■ EXERCISE INSTRUCTIONS: Search the material below for the word "detail". Copy every line where it is found.

■ ENTRIES PROVIDED:
-.-.-

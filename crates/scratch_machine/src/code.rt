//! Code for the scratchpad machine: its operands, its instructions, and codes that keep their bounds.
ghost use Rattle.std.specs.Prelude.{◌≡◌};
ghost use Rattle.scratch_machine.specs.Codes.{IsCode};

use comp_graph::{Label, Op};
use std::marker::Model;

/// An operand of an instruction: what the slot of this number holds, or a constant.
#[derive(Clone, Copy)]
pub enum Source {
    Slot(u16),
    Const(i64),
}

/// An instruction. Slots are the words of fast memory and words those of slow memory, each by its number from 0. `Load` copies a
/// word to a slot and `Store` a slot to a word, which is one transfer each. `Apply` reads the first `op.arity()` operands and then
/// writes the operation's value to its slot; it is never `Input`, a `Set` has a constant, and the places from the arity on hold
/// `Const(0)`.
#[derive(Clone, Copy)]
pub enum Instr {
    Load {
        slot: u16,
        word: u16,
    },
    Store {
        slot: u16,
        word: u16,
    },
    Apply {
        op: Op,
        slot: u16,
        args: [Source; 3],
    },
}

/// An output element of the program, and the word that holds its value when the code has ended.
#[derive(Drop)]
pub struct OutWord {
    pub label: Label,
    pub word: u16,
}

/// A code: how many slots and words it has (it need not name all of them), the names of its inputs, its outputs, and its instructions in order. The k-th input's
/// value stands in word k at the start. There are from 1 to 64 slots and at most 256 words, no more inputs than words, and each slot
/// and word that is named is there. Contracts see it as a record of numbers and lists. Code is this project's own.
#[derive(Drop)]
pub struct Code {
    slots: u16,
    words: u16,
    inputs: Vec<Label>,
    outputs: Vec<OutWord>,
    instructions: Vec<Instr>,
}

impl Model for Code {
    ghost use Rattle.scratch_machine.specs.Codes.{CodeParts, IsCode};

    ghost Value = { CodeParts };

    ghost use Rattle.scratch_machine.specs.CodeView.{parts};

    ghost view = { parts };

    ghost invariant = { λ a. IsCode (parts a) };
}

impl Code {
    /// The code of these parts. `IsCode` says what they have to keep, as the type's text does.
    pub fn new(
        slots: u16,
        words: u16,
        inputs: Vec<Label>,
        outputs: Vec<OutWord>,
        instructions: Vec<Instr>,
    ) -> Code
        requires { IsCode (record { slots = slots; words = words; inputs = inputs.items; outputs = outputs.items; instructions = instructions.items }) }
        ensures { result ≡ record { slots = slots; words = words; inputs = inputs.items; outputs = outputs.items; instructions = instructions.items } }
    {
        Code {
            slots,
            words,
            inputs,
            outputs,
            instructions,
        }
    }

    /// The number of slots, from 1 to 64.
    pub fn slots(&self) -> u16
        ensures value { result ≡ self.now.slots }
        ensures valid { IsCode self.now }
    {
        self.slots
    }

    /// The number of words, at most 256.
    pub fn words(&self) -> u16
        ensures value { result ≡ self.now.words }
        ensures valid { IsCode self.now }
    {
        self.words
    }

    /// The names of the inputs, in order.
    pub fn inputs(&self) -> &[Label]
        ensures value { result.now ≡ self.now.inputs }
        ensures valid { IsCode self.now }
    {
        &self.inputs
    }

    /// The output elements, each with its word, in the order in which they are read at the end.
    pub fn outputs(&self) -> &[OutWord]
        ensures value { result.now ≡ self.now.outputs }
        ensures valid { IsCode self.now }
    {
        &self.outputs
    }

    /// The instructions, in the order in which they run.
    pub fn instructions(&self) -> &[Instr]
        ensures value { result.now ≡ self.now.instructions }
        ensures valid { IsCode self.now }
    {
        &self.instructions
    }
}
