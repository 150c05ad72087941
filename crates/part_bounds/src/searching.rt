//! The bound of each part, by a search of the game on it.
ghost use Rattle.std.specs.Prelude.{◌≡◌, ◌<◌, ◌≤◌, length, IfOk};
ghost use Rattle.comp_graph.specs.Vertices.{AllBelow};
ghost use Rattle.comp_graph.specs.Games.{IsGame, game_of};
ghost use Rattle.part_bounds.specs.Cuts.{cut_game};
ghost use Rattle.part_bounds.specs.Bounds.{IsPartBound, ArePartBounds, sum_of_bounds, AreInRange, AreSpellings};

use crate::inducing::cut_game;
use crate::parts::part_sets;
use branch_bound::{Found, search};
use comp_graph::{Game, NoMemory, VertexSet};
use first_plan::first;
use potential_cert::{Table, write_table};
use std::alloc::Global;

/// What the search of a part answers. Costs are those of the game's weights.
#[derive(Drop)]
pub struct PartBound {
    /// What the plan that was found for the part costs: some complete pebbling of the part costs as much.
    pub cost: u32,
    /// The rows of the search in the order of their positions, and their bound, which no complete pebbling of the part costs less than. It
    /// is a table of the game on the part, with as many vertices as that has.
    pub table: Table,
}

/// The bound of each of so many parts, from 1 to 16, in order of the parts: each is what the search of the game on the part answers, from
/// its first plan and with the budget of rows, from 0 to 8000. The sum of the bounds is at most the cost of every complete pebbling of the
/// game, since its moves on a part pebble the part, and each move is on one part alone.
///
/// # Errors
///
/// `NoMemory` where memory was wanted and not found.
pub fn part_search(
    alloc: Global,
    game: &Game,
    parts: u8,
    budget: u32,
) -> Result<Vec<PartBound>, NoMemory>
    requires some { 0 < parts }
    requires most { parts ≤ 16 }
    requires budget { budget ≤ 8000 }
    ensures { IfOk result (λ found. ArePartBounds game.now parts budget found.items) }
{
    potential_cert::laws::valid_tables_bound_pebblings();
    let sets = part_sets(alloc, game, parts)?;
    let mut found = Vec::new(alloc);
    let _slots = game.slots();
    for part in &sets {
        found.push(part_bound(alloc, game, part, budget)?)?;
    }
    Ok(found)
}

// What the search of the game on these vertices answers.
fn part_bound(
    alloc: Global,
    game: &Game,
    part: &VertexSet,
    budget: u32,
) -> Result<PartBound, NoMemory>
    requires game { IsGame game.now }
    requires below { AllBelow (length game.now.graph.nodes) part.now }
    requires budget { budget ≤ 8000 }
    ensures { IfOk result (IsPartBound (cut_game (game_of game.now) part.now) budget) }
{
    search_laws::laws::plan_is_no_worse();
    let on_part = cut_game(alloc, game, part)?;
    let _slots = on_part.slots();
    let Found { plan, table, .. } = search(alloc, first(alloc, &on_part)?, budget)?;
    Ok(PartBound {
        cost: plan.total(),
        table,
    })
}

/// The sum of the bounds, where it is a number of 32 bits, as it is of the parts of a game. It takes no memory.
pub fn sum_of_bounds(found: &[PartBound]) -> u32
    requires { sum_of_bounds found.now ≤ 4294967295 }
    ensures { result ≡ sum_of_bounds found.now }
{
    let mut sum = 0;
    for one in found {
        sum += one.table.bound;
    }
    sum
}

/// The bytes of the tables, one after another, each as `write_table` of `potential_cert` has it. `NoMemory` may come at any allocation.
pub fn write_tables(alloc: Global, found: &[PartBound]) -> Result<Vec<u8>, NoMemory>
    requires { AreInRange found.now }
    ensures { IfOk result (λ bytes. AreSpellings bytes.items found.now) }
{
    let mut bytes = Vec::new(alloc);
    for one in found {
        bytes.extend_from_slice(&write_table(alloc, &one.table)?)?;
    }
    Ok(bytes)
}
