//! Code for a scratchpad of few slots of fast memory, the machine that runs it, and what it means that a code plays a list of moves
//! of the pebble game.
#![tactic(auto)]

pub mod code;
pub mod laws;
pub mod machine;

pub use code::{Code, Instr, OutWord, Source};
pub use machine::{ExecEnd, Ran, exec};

-.-.-

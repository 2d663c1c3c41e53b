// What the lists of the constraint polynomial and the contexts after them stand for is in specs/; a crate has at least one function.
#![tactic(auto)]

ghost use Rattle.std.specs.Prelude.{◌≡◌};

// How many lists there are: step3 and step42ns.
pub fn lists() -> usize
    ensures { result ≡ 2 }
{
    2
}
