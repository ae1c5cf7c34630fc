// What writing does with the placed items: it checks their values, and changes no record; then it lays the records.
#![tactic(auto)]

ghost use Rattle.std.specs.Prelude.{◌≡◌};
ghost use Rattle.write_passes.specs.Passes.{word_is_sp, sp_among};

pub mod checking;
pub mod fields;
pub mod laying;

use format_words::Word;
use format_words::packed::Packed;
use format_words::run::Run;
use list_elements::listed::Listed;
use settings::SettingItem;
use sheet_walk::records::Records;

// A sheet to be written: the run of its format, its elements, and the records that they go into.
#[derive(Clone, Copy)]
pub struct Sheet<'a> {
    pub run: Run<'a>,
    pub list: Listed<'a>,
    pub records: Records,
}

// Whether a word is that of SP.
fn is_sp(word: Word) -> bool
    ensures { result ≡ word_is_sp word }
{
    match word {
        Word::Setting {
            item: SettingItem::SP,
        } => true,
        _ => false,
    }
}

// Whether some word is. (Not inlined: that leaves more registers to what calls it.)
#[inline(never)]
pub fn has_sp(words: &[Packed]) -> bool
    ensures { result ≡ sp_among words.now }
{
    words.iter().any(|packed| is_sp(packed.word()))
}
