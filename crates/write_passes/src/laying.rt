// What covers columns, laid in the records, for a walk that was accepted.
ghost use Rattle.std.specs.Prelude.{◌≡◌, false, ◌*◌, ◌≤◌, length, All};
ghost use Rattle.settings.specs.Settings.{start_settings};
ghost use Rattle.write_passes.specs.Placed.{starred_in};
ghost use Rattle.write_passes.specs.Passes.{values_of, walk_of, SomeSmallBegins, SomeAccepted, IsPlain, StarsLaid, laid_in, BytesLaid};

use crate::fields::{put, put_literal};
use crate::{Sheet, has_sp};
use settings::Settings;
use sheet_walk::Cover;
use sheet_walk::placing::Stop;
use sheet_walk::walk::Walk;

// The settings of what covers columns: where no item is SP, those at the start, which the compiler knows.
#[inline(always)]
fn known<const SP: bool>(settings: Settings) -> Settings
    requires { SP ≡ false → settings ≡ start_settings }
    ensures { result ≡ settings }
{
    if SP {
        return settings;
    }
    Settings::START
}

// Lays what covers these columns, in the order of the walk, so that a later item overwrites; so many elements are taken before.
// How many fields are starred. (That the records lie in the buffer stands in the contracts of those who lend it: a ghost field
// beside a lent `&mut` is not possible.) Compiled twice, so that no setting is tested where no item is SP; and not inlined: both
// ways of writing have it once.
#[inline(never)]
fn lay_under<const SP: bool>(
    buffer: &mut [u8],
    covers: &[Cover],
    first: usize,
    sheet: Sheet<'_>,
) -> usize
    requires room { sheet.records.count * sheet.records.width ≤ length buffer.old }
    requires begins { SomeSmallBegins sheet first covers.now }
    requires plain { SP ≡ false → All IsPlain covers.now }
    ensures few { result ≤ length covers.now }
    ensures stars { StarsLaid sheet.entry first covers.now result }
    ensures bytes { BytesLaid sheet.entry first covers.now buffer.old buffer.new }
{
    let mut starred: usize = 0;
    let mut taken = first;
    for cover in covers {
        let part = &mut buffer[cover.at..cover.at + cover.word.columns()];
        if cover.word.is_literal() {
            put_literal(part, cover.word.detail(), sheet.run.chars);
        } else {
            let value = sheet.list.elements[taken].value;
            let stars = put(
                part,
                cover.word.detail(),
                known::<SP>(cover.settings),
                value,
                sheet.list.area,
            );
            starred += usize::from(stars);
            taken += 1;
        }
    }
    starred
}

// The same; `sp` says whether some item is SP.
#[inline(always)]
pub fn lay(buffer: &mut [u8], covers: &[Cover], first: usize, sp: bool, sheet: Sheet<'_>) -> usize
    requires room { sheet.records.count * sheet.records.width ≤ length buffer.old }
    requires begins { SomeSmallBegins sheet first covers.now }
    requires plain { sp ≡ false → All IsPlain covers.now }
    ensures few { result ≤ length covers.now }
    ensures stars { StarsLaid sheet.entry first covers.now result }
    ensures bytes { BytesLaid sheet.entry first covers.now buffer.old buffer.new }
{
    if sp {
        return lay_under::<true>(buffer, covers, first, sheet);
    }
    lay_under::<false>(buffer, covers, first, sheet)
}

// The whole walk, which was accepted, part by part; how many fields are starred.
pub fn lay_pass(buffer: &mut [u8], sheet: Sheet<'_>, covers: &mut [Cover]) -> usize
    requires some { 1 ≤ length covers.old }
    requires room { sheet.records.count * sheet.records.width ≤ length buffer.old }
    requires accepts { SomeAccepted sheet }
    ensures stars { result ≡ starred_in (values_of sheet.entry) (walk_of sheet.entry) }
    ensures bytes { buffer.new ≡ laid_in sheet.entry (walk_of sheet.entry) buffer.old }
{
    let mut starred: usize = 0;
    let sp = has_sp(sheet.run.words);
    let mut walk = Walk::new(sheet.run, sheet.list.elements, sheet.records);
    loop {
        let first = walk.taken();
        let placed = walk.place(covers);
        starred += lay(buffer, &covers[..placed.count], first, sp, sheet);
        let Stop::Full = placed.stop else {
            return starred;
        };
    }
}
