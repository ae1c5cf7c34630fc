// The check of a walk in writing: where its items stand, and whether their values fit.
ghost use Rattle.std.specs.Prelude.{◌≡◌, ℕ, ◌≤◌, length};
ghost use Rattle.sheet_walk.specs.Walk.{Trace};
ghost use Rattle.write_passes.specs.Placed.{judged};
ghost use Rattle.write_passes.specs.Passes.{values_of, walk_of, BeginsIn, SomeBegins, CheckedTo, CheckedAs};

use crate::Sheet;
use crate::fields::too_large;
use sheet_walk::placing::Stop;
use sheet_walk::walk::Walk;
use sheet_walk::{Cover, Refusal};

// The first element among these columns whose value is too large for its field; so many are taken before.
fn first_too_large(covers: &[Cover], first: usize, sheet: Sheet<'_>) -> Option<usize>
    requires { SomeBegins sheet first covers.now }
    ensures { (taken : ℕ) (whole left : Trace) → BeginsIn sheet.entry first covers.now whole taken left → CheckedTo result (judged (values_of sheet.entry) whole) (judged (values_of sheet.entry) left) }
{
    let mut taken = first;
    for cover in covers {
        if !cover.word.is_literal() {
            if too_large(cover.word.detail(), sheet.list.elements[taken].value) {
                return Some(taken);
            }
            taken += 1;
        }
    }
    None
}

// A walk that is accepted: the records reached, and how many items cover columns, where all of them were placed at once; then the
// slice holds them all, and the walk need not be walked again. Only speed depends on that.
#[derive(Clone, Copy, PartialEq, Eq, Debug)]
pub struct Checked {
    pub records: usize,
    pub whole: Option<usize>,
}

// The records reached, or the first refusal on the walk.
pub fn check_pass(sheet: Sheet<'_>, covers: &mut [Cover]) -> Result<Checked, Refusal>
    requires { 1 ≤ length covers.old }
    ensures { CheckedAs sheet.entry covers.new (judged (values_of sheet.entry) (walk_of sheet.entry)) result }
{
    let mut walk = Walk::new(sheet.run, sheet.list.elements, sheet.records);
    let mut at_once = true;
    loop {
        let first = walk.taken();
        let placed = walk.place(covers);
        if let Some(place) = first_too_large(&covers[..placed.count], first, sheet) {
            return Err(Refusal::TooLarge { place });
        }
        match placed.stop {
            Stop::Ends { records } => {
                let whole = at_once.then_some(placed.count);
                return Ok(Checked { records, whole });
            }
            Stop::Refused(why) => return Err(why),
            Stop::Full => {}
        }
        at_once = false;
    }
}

-.-.-

■ SOLUTION TO THIS PROBLEM:
            put_literal(part, cover.word.detail(), sheet.run.chars);
                cover.word.detail(),
            if too_large(cover.word.detail(), sheet.list.elements[taken].value) {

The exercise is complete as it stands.